Four years’ practical experience under his belt, John headed for London to add some theory to his knowledge, attending lectures and anatomy classes, and visiting hospitals. By 1817 he had become a member of the Royal College of Surgeons.

This would have been sufficient to allow Darwall to practise as a surgeon, but to become a physician he still had further to go. Off to Edinburgh, then, to attend more lectures in what was then the foremost medical faculty in Europe.

To obtain his doctorate, Darwall had to present a thesis at the University of Edinburgh, and this was where his work in the Birmingham factories came in. In August 1821, having successfully passed all his exams, Darwall was fully qualified, and ready to return to Birmingham to practise.

The Birmingham Dispensary in Union Street, designed by William Hollins and built in 1806
The Birmingham Dispensary in Union Street, designed by William Hollins and built in 1806

After his death. Darwall’s friend and colleague, John Connolly, wrote a remarkably fulsome biography of Darwall (more than 20 pages in length) for the Provincial Medical and Surgical Association. Connolly was, of course, keen to underline his friend’s achievements and his intellectual accomplishments. But even Connolly hints that Darwall was not the easiest man in the world to get on with. Social rounds and polite chit-chat were not his forte; Darwall always preferred work. He was more George Eliot than Jane Austen.

Perhaps this was why Dr Darwall struggled to grow his private practice; he was not the sort of doctor who put his patient at ease with a chinwag, before the medical examination began in earnest.

But if that left room in his day, it was more than made up for by his work as physician at the General Dispensary in Union Street. The dispensary operated as a kind of charitable out-patients department, offering free prescriptions and medical advice to the poor. John Darwall commented that he might easily have 80 patients to deal with in a single morning.
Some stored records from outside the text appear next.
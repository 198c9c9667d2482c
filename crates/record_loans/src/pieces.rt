//! The pieces of an instance's records.
ghost use Rattle.std.specs.Prelude.{◌≡◌, ◌≤◌, ◌<◌, Option, Some, None, IsSome, length, take};
ghost use Rattle.mem_rec.specs.declared.TheConstants.{TABLE_RECORDS};
ghost use Rattle.record_loans.specs.Pieces.{no_pieces, piece_at, with_piece, piece_words, piece_place, IsInSpace};

use mem_rec::TABLE_RECORDS;
use space_raw::{Piece, end_none};

/// A piece for each of some records of a table. The pieces of an instance's own records are kept by the instance, those of its
/// write-once records are lent to it.
pub struct Pieces {
    pub p0: Option<Piece>,
    pub p1: Option<Piece>,
    pub p2: Option<Piece>,
    pub p3: Option<Piece>,
}

impl Pieces {
    /// No pieces.
    pub fn none() -> Pieces
        ensures { result ≡ no_pieces }
    {
        Pieces {
            p0: None,
            p1: None,
            p2: None,
            p3: None,
        }
    }

    /// The piece of record `k`.
    pub fn piece(&self, k: usize) -> &Option<Piece>
        requires { k < 4 }
        ensures { result.now ≡ piece_at self.now k }
    {
        match k {
            0 => &self.p0,
            1 => &self.p1,
            2 => &self.p2,
            _ => &self.p3,
        }
    }

    /// Where the piece of record `k` begins.
    pub fn place(&self, k: usize) -> u16
        requires number { k < 4 }
        requires some { 1 ≤ length (piece_words (piece_at self.now k)) }
        requires space { IsInSpace (piece_at self.now k) }
        ensures { result ≡ piece_place (piece_at self.now k) }
    {
        place_of(self.piece(k))
    }

    /// Takes the piece of record `k` out, if there is one.
    pub fn take(&mut self, k: usize) -> Option<Piece>
        requires { k < TABLE_RECORDS }
        ensures piece { result ≡ piece_at self.old k }
        ensures left { self.new ≡ with_piece self.old k None }
    {
        match k {
            0 => self.p0.take(),
            1 => self.p1.take(),
            2 => self.p2.take(),
            _ => self.p3.take(),
        }
    }

    /// Takes the piece of record `k` out.
    pub fn take_out(&mut self, k: usize) -> Piece
        requires { IsSome (piece_at self.old k) }
        ensures piece { piece_at self.old k ≡ Some result }
        ensures left { self.new ≡ with_piece self.old k None }
    {
        match self.take(k) {
            Some(piece) => piece,
            None => unreachable!(),
        }
    }

    /// Puts the piece of record `k` in, which has none.
    pub fn put_in(&mut self, k: usize, piece: Piece)
        requires number { k < 4 }
        requires empty { piece_at self.old k ≡ None }
        ensures { self.new ≡ with_piece self.old k (Some piece) }
    {
        let old = match k {
            0 => self.p0.replace(piece),
            1 => self.p1.replace(piece),
            2 => self.p2.replace(piece),
            _ => self.p3.replace(piece),
        };
        match old {
            Some(_piece) => unreachable!(),
            None => {}
        }
    }
}

/// Where a piece begins, which is there.
pub fn place_of(piece: &Option<Piece>) -> u16
    requires some { 1 ≤ length (piece_words piece.now) }
    requires space { IsInSpace piece.now }
    ensures { result ≡ piece_place piece.now }
{
    match piece {
        Some(p) => {
            // the piece lies within its region, as its length says
            let _len = p.len();
            p.place() as u16
        }
        None => unreachable!(),
    }
}

/// The first `n` words of a piece, and none where there is no piece.
#[inline(always)]
pub fn first_words(piece: &Option<Piece>, n: usize) -> &[i16]
    requires { n ≤ length (piece_words piece.now) }
    ensures { result.now ≡ take n (piece_words piece.now) }
{
    match piece {
        Some(piece) => &piece.words()[..n],
        None => &[],
    }
}

/// Ends a table of no pieces. It answers nothing and leaves nothing behind, so that there is no more to say.
pub fn end_absent(pieces: Pieces)
    requires { pieces ≡ no_pieces }
{
    let Pieces { p0, p1, p2, p3 } = pieces;
    end_none(p0);
    end_none(p1);
    end_none(p2);
    end_none(p3);
}
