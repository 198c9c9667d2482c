//! What a record lies in is taken for a loan, and put back behind it.
ghost use Rattle.std.specs.Prelude.{◌≡◌, ◌+◌, ◌≤◌, length, None};
ghost use Rattle.record_loans.specs.Blocks.{block_words};
ghost use Rattle.record_loans.specs.Cuts.{CutFits};
ghost use Rattle.record_loans.specs.Loans.{held};
ghost use Rattle.record_loans.specs.Pieces.{piece_words};
ghost use Rattle.record_loans.specs.Taken.{taken_words, front_of, behind, joined, IsFrontOf, CanPut, CutsOut, PutsBack};

use crate::block::ScratchBlock;
use crate::plan::{Cut, Source};
use space_raw::{Piece, end_none};
use std::mem;

impl Cut {
    /// Takes what a record lies in: the instance's own piece, the one that is lent to it, or the front of a block. A piece stays whole.
    pub(crate) fn take(
        &self,
        own: &mut Option<Piece>,
        shared: &mut Option<Piece>,
        daram: &mut Option<ScratchBlock>,
        saram: &mut Option<ScratchBlock>,
        external: &mut Option<ScratchBlock>,
    ) -> Option<Piece>
        requires fit { CutFits self.now.source self.now.gap self.now.size (length (piece_words (held self.now.source own.old shared.old)))
            (length (block_words daram.old)) (length (block_words saram.old)) (length (block_words external.old)) }
        ensures cut { CutsOut self.now own.old shared.old daram.old saram.old external.old result own.new shared.new daram.new saram.new external.new }
    {
        match self.source {
            Source::Absent => None,
            Source::Own => own.take(),
            Source::Shared => shared.take(),
            Source::InDaram => take_front(self, daram),
            Source::InSaram => take_front(self, saram),
            Source::InExternal => take_front(self, external),
        }
    }

    /// Puts it back where it was taken.
    pub(crate) fn put_back(
        &self,
        piece: Option<Piece>,
        own: &mut Option<Piece>,
        shared: &mut Option<Piece>,
        daram: &mut Option<ScratchBlock>,
        saram: &mut Option<ScratchBlock>,
        external: &mut Option<ScratchBlock>,
    )
        requires can { CanPut self.now.source piece own.old shared.old daram.old saram.old external.old }
        ensures put { PutsBack self.now piece own.old shared.old daram.old saram.old external.old own.new shared.new daram.new saram.new external.new }
    {
        match self.source {
            Source::Absent => end_none(piece),
            Source::Own => put_piece(piece, own),
            Source::Shared => put_piece(piece, shared),
            Source::InDaram => put_front(piece, daram),
            Source::InSaram => put_front(piece, saram),
            Source::InExternal => put_front(piece, external),
        }
    }
}

/// Puts a piece where none is.
fn put_piece(piece: Option<Piece>, place: &mut Option<Piece>)
    requires empty { place.old ≡ None }
    ensures { place.new ≡ piece }
{
    end_none(mem::replace(place, piece));
}

/// Takes the front of a block: the words up to the record's end. A record without words has none where there is no block.
fn take_front(cut: &Cut, block: &mut Option<ScratchBlock>) -> Option<Piece>
    requires fit { taken_words cut.now ≤ length (block_words block.old) }
    ensures front { result ≡ front_of (taken_words cut.now) block.old }
    ensures left { block.new ≡ behind (taken_words cut.now) block.old }
{
    match block.take() {
        Some(ScratchBlock { piece, align }) => {
            // a block is no longer than its region, as its length says
            let _len = piece.len();
            let (front, left) = piece.split((cut.gap + cut.size) as u32);
            end_none(block.replace(ScratchBlock { piece: left, align }));
            Some(front)
        }
        None => None,
    }
}

/// Puts the front of a block before the rest of it.
fn put_front(front: Option<Piece>, block: &mut Option<ScratchBlock>)
    requires { IsFrontOf front block.old }
    ensures { block.new ≡ joined front block.old }
{
    if let Some(front) = front {
        match block.take() {
            Some(ScratchBlock { piece, align }) => {
                let piece = front.join(piece);
                end_none(block.replace(ScratchBlock { piece, align }));
            }
            None => unreachable!(),
        }
    }
}
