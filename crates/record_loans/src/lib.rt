// SPDX-License-Identifier: Apache-2.0
//! Loans of records: the words of an instance's records, lent as plain slices for one step.
//!
//! A [`Plan`] says of each record of a table where its words lie: in a piece that the instance owns, in a shared piece that is lent to it,
//! or in a scratch block of its group. What a record lies in is taken for the time of the step and put back behind it, so it is known what
//! every piece and every block holds then.
#![tactic(auto)]

mod block;
mod loans;
mod pieces;
mod plan;
mod taken;

pub use block::ScratchBlock;
pub use loans::{
    PlannedLoan, lend_filter, lend_reader, lend_sharing_filter, lend_with_blocks,
    lend_without_blocks,
};
pub use pieces::{Pieces, end_absent, first_words, place_of};
pub use plan::{CONSTANTS, Cut, FilterSizes, ONCE, Plan, ReaderSizes, SharingSizes, Source};
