// Rows of marks, filled state by state: from the rows of two operands, from labels, or from numbers.
#![tactic(auto)]

ghost use Rattle.std.specs.Prelude.{◌≡◌, true, ℕ, ◌+◌, ◌*◌, ◌≤◌, ◌<◌, ◌/◌, ◌%◌, ◌^◌, length, get_or, eqb};
ghost use Rattle.model.specs.Engine.{num};
ghost use Rattle.model.specs.Marks.{mark};
ghost use Rattle.chart.specs.Bytes.{label_word};
ghost use Rattle.hints.specs.Values.{value_of};
ghost use Rattle.fill.specs.Fill.{combine, passes_limit};
ghost use Rattle.fill.specs.Written.{RowWritten, WrittenBy};

// A mark from the marks p and q of two operands.
#[derive(Clone, Copy)]
pub enum Connective {
    Yes,
    No,
    Not,
    And,
    Or,
}

// The mark from the marks p and q.
fn combined(connective: Connective, p: bool, q: bool) -> bool
    ensures { result ≡ combine connective p q }
{
    match connective {
        Connective::Yes => true,
        Connective::No => false,
        Connective::Not => !p,
        Connective::And => p & q,
        Connective::Or => p | q,
    }
}

// Whether v is above the limit, or up to it.
fn passes_limit(above: bool, limit: u32, v: u32) -> bool
    ensures { result ≡ passes_limit above limit v }
{
    if above {
        return limit < v;
    }
    v <= limit
}

// Row t from the rows of a and b, which may be row t itself. So it is no `write_row`: it reads the marks that it writes.
pub fn fill(connective: Connective, n: usize, t: usize, a: usize, b: usize, marks: &mut [u8])
    requires { (t * n + n ≤ length marks.old) × (a ≤ t) × (b ≤ t) }
    ensures { RowWritten n t (λ s. combine connective (mark n marks.old a s) (mark n marks.old b s))
        marks.old marks.new }
{
    let at = t * n;
    let left = a * n;
    let right = b * n;
    for s in 0..n {
        let p = marks[left + s] == 1;
        let q = marks[right + s] == 1;
        marks[at + s] = combined(connective, p, q) as u8;
    }
}

// Every mark of a row is v.
pub fn all_are(v: u8, row: &[u8]) -> bool
    ensures { result ≡ true → (s : ℕ) → s < length row.now → get_or row.now s 0 ≡ v }
{
    row.iter().all(|&x| x == v)
}

// Row t, as f says of each state.
fn write_row<F: Fn(usize) -> bool>(n: usize, t: usize, f: F, marks: &mut [u8])
    requires room { t * n + n ≤ length marks.old }
    requires asked { (s : ℕ) → s < n → F.pre f s }
    ensures { WrittenBy (t * n) n (F.post f) marks.old marks.new }
{
    let at = t * n;
    for s in 0..n {
        marks[at + s] = f(s) as u8;
    }
}

// Row t from label i.
pub fn fill_label(chart: &[u8], n: usize, i: usize, t: usize, marks: &mut [u8])
    requires { (9 + 2 * n ≤ length chart.now) × (i < 16) × (t * n + n ≤ length marks.old) }
    ensures { RowWritten n t (λ s. eqb (label_word chart.now s / 2 ^ i % 2) 1)
        marks.old marks.new }
{
    write_row(n, t, |s| (chart::label_word(chart, s) >> i) % 2 == 1, marks);
}

// Row t from the values of numbers: those above a limit, or those up to it.
pub fn fill_limit(above: bool, limit: u32, n: usize, t: usize, numbers: &[u32], marks: &mut [u8])
    requires { (length numbers.now ≡ n) × (t * n + n ≤ length marks.old) }
    ensures { RowWritten n t (λ s. passes_limit above limit (value_of (num numbers.now s)))
        marks.old marks.new }
{
    write_row(
        n,
        t,
        |s| passes_limit(above, limit, hints::value(numbers[s])),
        marks,
    );
}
And they say GPs are over-worked today.

At the very least (and this was, no doubt, why many aspiring medical men were attracted to such posts) the dispensary provided Darwall with plenty of opportunity for collecting evidence and case-studies for his future research. And it allowed him to try out ideas on patients who were, perhaps, more pliable than those in private practice. Darwall was an early pioneer – perhaps Birmingham’s first – in the use of a new-fangled piece of continental equipment called the stethoscope.

All these observations went into articles for medical journals. For the first time, here was a doctor writing about the public health of Birmingham as a whole, rather than commenting on a particular disease or course of treatment.

There was also one major publication, and as good a reason to remember Darwall as any. Plain Instructions for the Management of Infants was published in 1830, and one of the earliest books to look – holistically – at the nursing, diet, health, education and upbringing of the child. Aimed at the medical profession, Darwall also made his text accessible to the general reader. It was as much to dispel myths about the raising of children (and there were plenty out there) as to offer sound advice.

In 1831 John Darwall was rewarded for all his efforts by being appointed a physician to the General Hospital. This was another charitable medical institution, but easily the most prestigious in Birmingham.

Sadly, he was not long in the post. Two years later – in July 1833 – Darwall conducted an autopsy in the General, and contracted some unspecified infection. He was not the first or the last to be infected in the less-than-perfect sanitary conditions of the anatomy theatre. Eleven days later and John Darwall was no more; he was laid to rest in the vaults of Christ Church, New Street.

You may now pay respects to him in Warstone Lane cemetery, whither his coffin was later carried.